**TASK PROMPT:** Each entry needs to be reproduced verbatim.

**SOURCE MATERIAL:**
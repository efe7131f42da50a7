//! Answers as they are printed.

ghost use Rattle.std.specs.Prelude.{◌≡◌, ◌≢◌, ◌+◌, ◌<◌, ◌≤◌, ℕ, List, [], ◌∷◌};
ghost use Rattle.std.specs.Prelude.{◌++◌, length, flat_map, decimal};
ghost use Rattle.std.specs.List.{join_with_byte};
ghost use Rattle.hex.specs.Hex.{encode_lower};
ghost use Rattle.fs_trees.specs.Names.{Name};
ghost use Rattle.fs_trees.specs.Answer.{bad, bytes, done, available, listed, refused};
ghost use Rattle.fs_trees.specs.declared.refusal.FsRefusal.{FsRefusal};
ghost use Rattle.script_text.specs.Pieces.{line_feeds};
ghost use Rattle.tsd_model.specs.Verdict.{is_empty};
ghost use Rattle.shell_text.specs.Texts.{answer_text, data_head, names_head, refusal_words};

use fs_trees::{FsRefusal, Name};
use script_text::OutBuf;
use script_text::fields::DATA_DIGITS;
use script_text::parse::LINE_MAX;
use script_text::printing::{put_number, put_word};
use tsd_model::lists::DATA_MAX;

/// The most bytes of a refusal's words with the spaces before them.
const REFUSAL_ROOM: usize = 40;

/// Replaces the bytes by the line of an ask that was done.
pub fn print_done(into: &mut OutBuf)
    /// promise: Exactly the text of the answer.
    ensures { into.new ≡ answer_text done ++ 10 ∷ [] }
{
    into.clear();
    into.put(b"ok\n".as_slice());
}

/// Replaces the bytes by the answer to a line that asks nothing.
pub fn print_bad(into: &mut OutBuf)
    /// promise: Exactly the text of the answer.
    ensures { into.new ≡ answer_text bad ++ 10 ∷ [] }
{
    into.clear();
    into.put(b"no bad-request\n".as_slice());
}

/// Replaces the bytes by the line of a number of free blocks.
pub fn print_free(count: u32, into: &mut OutBuf)
    /// promise: Exactly the text of the answer.
    ensures { into.new ≡ answer_text (available count) ++ 10 ∷ [] }
{
    into.clear();
    into.put(b"free".as_slice());
    put_number(into, count);
    into.put(b"\n".as_slice());
}

/// Replaces the bytes by the line of a refusal. Device has no words: a program that meets it ends.
pub fn print_refusal(refusal: &FsRefusal, into: &mut OutBuf)
    requires { refusal.now ≢ FsRefusal.Device }
    /// promise (with one_line): Exactly the text of the refusal, in one line.
    ensures text { into.new ≡ answer_text (refused refusal.now) ++ 10 ∷ [] }
    ensures one_line { line_feeds (answer_text (refused refusal.now)) ≡ 0 }
{
    into.clear();
    into.put(b"no".as_slice());
    put_refusal(into, refusal);
    into.put(b"\n".as_slice());
}

/// The words of a refusal.
fn put_refusal(into: &mut OutBuf, refusal: &FsRefusal)
    requires some { refusal.now ≢ FsRefusal.Device }
    requires room { length into.old + REFUSAL_ROOM ≤ LINE_MAX }
    ensures text { into.new ≡ into.old ++ 32 ∷ join_with_byte 32 (refusal_words refusal.now) }
    ensures room { length into.new ≤ length into.old + REFUSAL_ROOM }
    ensures one_line { line_feeds (answer_text (refused refusal.now)) ≡ 0 }
{
    match refusal {
        FsRefusal::NotThisFs => put_word(into, b"not-this-fs".as_slice()),
        FsRefusal::NoEntry => put_word(into, b"no-entry".as_slice()),
        FsRefusal::Exists => put_word(into, b"exists".as_slice()),
        FsRefusal::NotDir => put_word(into, b"not-dir".as_slice()),
        FsRefusal::IsDir => put_word(into, b"is-dir".as_slice()),
        FsRefusal::NotEmpty => put_word(into, b"not-empty".as_slice()),
        FsRefusal::DirFull => put_word(into, b"dir-full".as_slice()),
        FsRefusal::TooBig => put_word(into, b"too-big".as_slice()),
        FsRefusal::Full { free, wanted } => pair(into, b"full".as_slice(), *free, *wanted),
        FsRefusal::PointersFull { held, max } => {
            pair(into, b"pointers-full".as_slice(), *held, *max);
        }
        FsRefusal::Device => {}
    }
}

/// A word and two numbers.
fn pair(into: &mut OutBuf, name: &[u8], first: u32, second: u32)
    requires short { length name.now < 14 }
    requires room { length into.old + REFUSAL_ROOM ≤ LINE_MAX }
    ensures text { into.new
        ≡ into.old ++ 32 ∷ join_with_byte 32 (name.now ∷ decimal first ∷ decimal second ∷ []) }
    ensures room { length into.new ≤ length into.old + REFUSAL_ROOM }
{
    put_word(into, name);
    put_number(into, first);
    put_number(into, second);
}

/// Replaces the bytes by what stands before the digits of a file's bytes, or, where it has no bytes, by the line but
/// its line feed.
pub fn print_data_head(empty: bool, into: &mut OutBuf)
    /// promise: Exactly the head of a file's bytes.
    ensures { into.new ≡ data_head empty }
{
    into.clear();
    if empty {
        into.put(b"data -".as_slice());
    } else {
        into.put(b"data ".as_slice());
    }
}

/// Replaces the bytes by the digits of some of a file's bytes, at most 4,096.
pub fn print_data_part(part: &[u8], into: &mut OutBuf)
    requires { length part.now ≤ DATA_MAX }
    /// promise: Exactly the digits of a part of a file's bytes.
    ensures { into.new ≡ encode_lower part.now }
{
    let mut room = [0u8; DATA_DIGITS];
    let digits = &mut room[..2 * part.len()];
    let _fit = hex::encode_to_slice(part, digits);
    into.clear();
    into.put(digits);
}

/// Replaces the bytes by what stands before the names in a directory, or, where it has none, by the line but its line
/// feed.
pub fn print_names_head(none: bool, into: &mut OutBuf)
    /// promise: Exactly the head of a directory's names.
    ensures { into.new ≡ names_head none }
{
    into.clear();
    if none {
        into.put(b"names -".as_slice());
    } else {
        into.put(b"names".as_slice());
    }
}

/// Replaces the bytes by a space and a name.
pub fn print_name(name: &Name, into: &mut OutBuf)
    /// promise: Exactly a name of a directory.
    ensures { into.new ≡ 32 ∷ name.now }
{
    into.clear();
    put_word(into, name.as_slice());
}

/// Replaces the bytes by the end of a line.
pub fn print_end(into: &mut OutBuf)
    /// promise: Exactly the end of a long answer.
    ensures { into.new ≡ 10 ∷ [] }
{
    into.clear();
    into.put(b"\n".as_slice());
}

/// An answer that is sent in parts is the answer: the head, the parts in their order, and the end of the line.
pub fn long_answers_in_parts()
    // A file's bytes, in whatever parts.
    /// promise (with names): A file's bytes in whatever parts, and a directory's names one by one, are the text of the
    /// answer.
    ensures data { (parts : List (List ℕ)) → let x = flat_map (λ part. part) parts in
        data_head (is_empty x) ++ flat_map encode_lower parts ≡ answer_text (bytes x) }
    // The names in a directory, one a part.
    ensures names { (ns : List Name) →
        names_head (is_empty ns) ++ flat_map (λ n. 32 ∷ n) ns ≡ answer_text (listed ns) }
{}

**RESULT FOR THIS EXERCISE:**
repository efe7131f42da50a7
//! Answers as they are printed.

ghost use Rattle.std.specs.Prelude.{◌≡◌, ◌≢◌, ◌+◌, ◌<◌, ◌≤◌, ℕ, List, [], ◌∷◌};
ghost use Rattle.std.specs.Prelude.{◌++◌, length, flat_map, decimal};
ghost use Rattle.std.specs.List.{join_with_byte};
ghost use Rattle.hex.specs.Hex.{encode_lower};
ghost use Rattle.fs_trees.specs.Names.{Name};
ghost use Rattle.fs_trees.specs.Answer.{bad, bytes, done, available, listed, refused};
ghost use Rattle.fs_trees.specs.declared.refusal.FsRefusal.{FsRefusal};
ghost use Rattle.script_text.specs.Pieces.{line_feeds};
ghost use Rattle.tsd_model.specs.Verdict.{is_empty};
ghost use Rattle.shell_text.specs.Texts.{answer_text, data_head, names_head, refusal_words};

use fs_trees::{FsRefusal, Name};
use script_text::OutBuf;
use script_text::fields::DATA_DIGITS;
use script_text::parse::LINE_MAX;
use script_text::printing::{put_number, put_word};
use tsd_model::lists::DATA_MAX;

/// The most bytes of a refusal's words with the spaces before them.
const REFUSAL_ROOM: usize = 40;

/// Replaces the bytes by the line of an ask that was done.
pub fn print_done(into: &mut OutBuf)
    /// promise: Exactly the text of the answer.
    ensures { into.new ≡ answer_text done ++ 10 ∷ [] }
{
    into.clear();
    into.put(b"ok\n".as_slice());
}

/// Replaces the bytes by the answer to a line that asks nothing.
pub fn print_bad(into: &mut OutBuf)
    /// promise: Exactly the text of the answer.
    ensures { into.new ≡ answer_text bad ++ 10 ∷ [] }
{
    into.clear();
    into.put(b"no bad-request\n".as_slice());
}

/// Replaces the bytes by the line of a number of free blocks.
pub fn print_free(count: u32, into: &mut OutBuf)
    /// promise: Exactly the text of the answer.
    ensures { into.new ≡ answer_text (available count) ++ 10 ∷ [] }
{
    into.clear();
    into.put(b"free".as_slice());
    put_number(into, count);
    into.put(b"\n".as_slice());
}

/// Replaces the bytes by the line of a refusal. Device has no words: a program that meets it ends.
pub fn print_refusal(refusal: &FsRefusal, into: &mut OutBuf)
    requires { refusal.now ≢ FsRefusal.Device }
    /// promise (with one_line): Exactly the text of the refusal, in one line.
    ensures text { into.new ≡ answer_text (refused refusal.now) ++ 10 ∷ [] }
    ensures one_line { line_feeds (answer_text (refused refusal.now)) ≡ 0 }
{
    into.clear();
    into.put(b"no".as_slice());
    put_refusal(into, refusal);
    into.put(b"\n".as_slice());
}

/// The words of a refusal.
fn put_refusal(into: &mut OutBuf, refusal: &FsRefusal)
    requires some { refusal.now ≢ FsRefusal.Device }
    requires room { length into.old + REFUSAL_ROOM ≤ LINE_MAX }
    ensures text { into.new ≡ into.old ++ 32 ∷ join_with_byte 32 (refusal_words refusal.now) }
    ensures room { length into.new ≤ length into.old + REFUSAL_ROOM }
    ensures one_line { line_feeds (answer_text (refused refusal.now)) ≡ 0 }
{
    match refusal {
        FsRefusal::NotThisFs => put_word(into, b"not-this-fs".as_slice()),
        FsRefusal::NoEntry => put_word(into, b"no-entry".as_slice()),
        FsRefusal::Exists => put_word(into, b"exists".as_slice()),
        FsRefusal::NotDir => put_word(into, b"not-dir".as_slice()),
        FsRefusal::IsDir => put_word(into, b"is-dir".as_slice()),
        FsRefusal::NotEmpty => put_word(into, b"not-empty".as_slice()),
        FsRefusal::DirFull => put_word(into, b"dir-full".as_slice()),
        FsRefusal::TooBig => put_word(into, b"too-big".as_slice()),
        FsRefusal::Full { free, wanted } => pair(into, b"full".as_slice(), *free, *wanted),
        FsRefusal::PointersFull { held, max } => {
            pair(into, b"pointers-full".as_slice(), *held, *max);
        }
        FsRefusal::Device => {}
    }
}

/// A word and two numbers.
fn pair(into: &mut OutBuf, name: &[u8], first: u32, second: u32)
    requires short { length name.now < 14 }
    requires room { length into.old + REFUSAL_ROOM ≤ LINE_MAX }
    ensures text { into.new
        ≡ into.old ++ 32 ∷ join_with_byte 32 (name.now ∷ decimal first ∷ decimal second ∷ []) }
    ensures room { length into.new ≤ length into.old + REFUSAL_ROOM }
{
    put_word(into, name);
    put_number(into, first);
    put_number(into, second);
}

/// Replaces the bytes by what stands before the digits of a file's bytes, or, where it has no bytes, by the line but
/// its line feed.
pub fn print_data_head(empty: bool, into: &mut OutBuf)
    /// promise: Exactly the head of a file's bytes.
    ensures { into.new ≡ data_head empty }
{
    into.clear();
    if empty {
        into.put(b"data -".as_slice());
    } else {
        into.put(b"data ".as_slice());
    }
}

/// Replaces the bytes by the digits of some of a file's bytes, at most 4,096.
pub fn print_data_part(part: &[u8], into: &mut OutBuf)
    requires { length part.now ≤ DATA_MAX }
    /// promise: Exactly the digits of a part of a file's bytes.
    ensures { into.new ≡ encode_lower part.now }
{
    let mut room = [0u8; DATA_DIGITS];
    let digits = &mut room[..2 * part.len()];
    let _fit = hex::encode_to_slice(part, digits);
    into.clear();
    into.put(digits);
}

/// Replaces the bytes by what stands before the names in a directory, or, where it has none, by the line but its line
/// feed.
pub fn print_names_head(none: bool, into: &mut OutBuf)
    /// promise: Exactly the head of a directory's names.
    ensures { into.new ≡ names_head none }
{
    into.clear();
    if none {
        into.put(b"names -".as_slice());
    } else {
        into.put(b"names".as_slice());
    }
}

/// Replaces the bytes by a space and a name.
pub fn print_name(name: &Name, into: &mut OutBuf)
    /// promise: Exactly a name of a directory.
    ensures { into.new ≡ 32 ∷ name.now }
{
    into.clear();
    put_word(into, name.as_slice());
}

/// Replaces the bytes by the end of a line.
pub fn print_end(into: &mut OutBuf)
    /// promise: Exactly the end of a long answer.
    ensures { into.new ≡ 10 ∷ [] }
{
    into.clear();
    into.put(b"\n".as_slice());
}

/// An answer that is sent in parts is the answer: the head, the parts in their order, and the end of the line.
pub fn long_answers_in_parts()
    // A file's bytes, in whatever parts.
    /// promise (with names): A file's bytes in whatever parts, and a directory's names one by one, are the text of the
    /// answer.
    ensures data { (parts : List (List ℕ)) → let x = flat_map (λ part. part) parts in
        data_head (is_empty x) ++ flat_map encode_lower parts ≡ answer_text (bytes x) }
    // The names in a directory, one a part.
    ensures names { (ns : List Name) →
        names_head (is_empty ns) ++ flat_map (λ n. 32 ∷ n) ns ≡ answer_text (listed ns) }
{}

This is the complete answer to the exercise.